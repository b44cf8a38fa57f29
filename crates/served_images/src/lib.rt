//! The images of a server: what it begins with, what its sessions start from and leave, a dry run, and what it says at its end.
#![tactic(auto)]

mod beginning;
mod dry_start;
mod end;
mod fault;
mod first_identifiers;
mod image_files;
mod images;
mod seen_files;
mod session_end;
mod starts;
mod totals;

pub use beginning::{Beginning, FreshNumbers, ImagesMetadata, begin, fresh_numbers};
pub use dry_start::dry_run;
pub use end::End;
pub use fault::{ServeFault, fault_of_comparison};
pub use image_files::{FoundFiles, close_metadata, find_files};
pub use images::{
    blocks_of, changed_images, check_size, images_of, lock_both, open_both, torn_images,
};
pub use session_end::{SessionEnd, settle_session};
pub use starts::{FirstWords, first_start, settings_of};
pub use totals::Totals;
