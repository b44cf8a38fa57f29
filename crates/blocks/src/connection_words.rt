//! The two words of a connection.

/// The two words under which a connection is opened: each becomes a generation identifier if it is needed (DRBD User's Guide,
/// "Generation identifiers"). They are fresh: neither is zero, they differ, and no tuple that the primary knows has them.
#[derive(Clone, Copy, Debug, PartialEq, Eq)]
pub struct ConnectionWords {
    /// The identifier of the generation that a resync begins.
    pub sync: u64,
    /// The identifier of the generation that the loss of the connection begins.
    pub loss: u64,
}
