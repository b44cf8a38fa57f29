//! The generation identifiers of a disk.
ghost use Rattle.std.specs.Prelude.{◌≡◌};

use std::fmt;

/// The four generation identifiers of a node's disk (DRBD User's Guide, "Generation identifiers"). Zero means none.
#[derive(Clone, Copy, Debug, PartialEq, Eq)]
pub struct Tuple {
    /// The present generation of the data.
    pub current: u64,
    /// The generation from which on the bitmap has recorded changes.
    pub bitmap: u64,
    /// The generation before.
    pub first_historical: u64,
    /// The generation before that.
    pub second_historical: u64,
}

impl Tuple {
    /// Returns the tuple of these words, from the newest to the oldest; zero means none.
    pub fn new(current: u64, bitmap: u64, first: u64, second: u64) -> Tuple
        ensures current { result.current ≡ current }
        ensures bitmap { result.bitmap ≡ bitmap }
        ensures first { result.first_historical ≡ first }
        ensures second { result.second_historical ≡ second }
    {
        Tuple {
            current,
            bitmap,
            first_historical: first,
            second_historical: second,
        }
    }
}

/// The tuple's four words, separated by commas.
impl fmt::Display for Tuple {
    fn fmt<W: fmt::Write>(&self, f: &mut fmt::Formatter<W>) -> fmt::Result {
        let Tuple {
            current,
            bitmap,
            first_historical,
            second_historical,
        } = *self;
        write!(
            f,
            "{current},{bitmap},{first_historical},{second_historical}"
        )
    }
}
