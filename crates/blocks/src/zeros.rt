//! A test for zeros.
ghost use Rattle.std.specs.Prelude.{◌≡◌, ◌↔◌, ◌==◌, true, length, replicate};
ghost use Rattle.std.specs.List.{list_all};

/// Bytes between two branches of the test.
const RUN: usize = 256;

/// Returns whether all of these bytes are zeros.
///
/// A branch behind each byte would cost a cycle for each. Here one stands behind each run, of a length that the compiler knows: so the
/// program looks at many bytes at a time.
pub fn are_zeros(bytes: &[u8]) -> bool
    ensures { result ≡ true ↔ bytes.now ≡ replicate (length bytes.now) 0 }
{
    let mut rest = bytes;
    while let Some((run, after)) = rest.split_first_chunk::<RUN>() {
        if !is_run_of_zeros(run) {
            return false;
        }
        rest = after;
    }
    is_run_of_zeros(rest)
}

// Returns the same, with no branch between the bytes.
#[inline(always)]
fn is_run_of_zeros(run: &[u8]) -> bool
    ensures { result ≡ list_all (λ byte. byte == 0) run.now }
{
    let mut zeros = true;
    for byte in run {
        zeros &= *byte == 0;
    }
    zeros
}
--------------------------------------------------
§ **WHAT IS EXPECTED**:
Every line of the listing that includes "knows" must be shown.

§ **WRITTEN SOLUTION**:
/// "Generation identifiers"). They are fresh: neither is zero, they differ, and no tuple that the primary knows has them.
/// A branch behind each byte would cost a cycle for each. Here one stands behind each run, of a length that the compiler knows: so the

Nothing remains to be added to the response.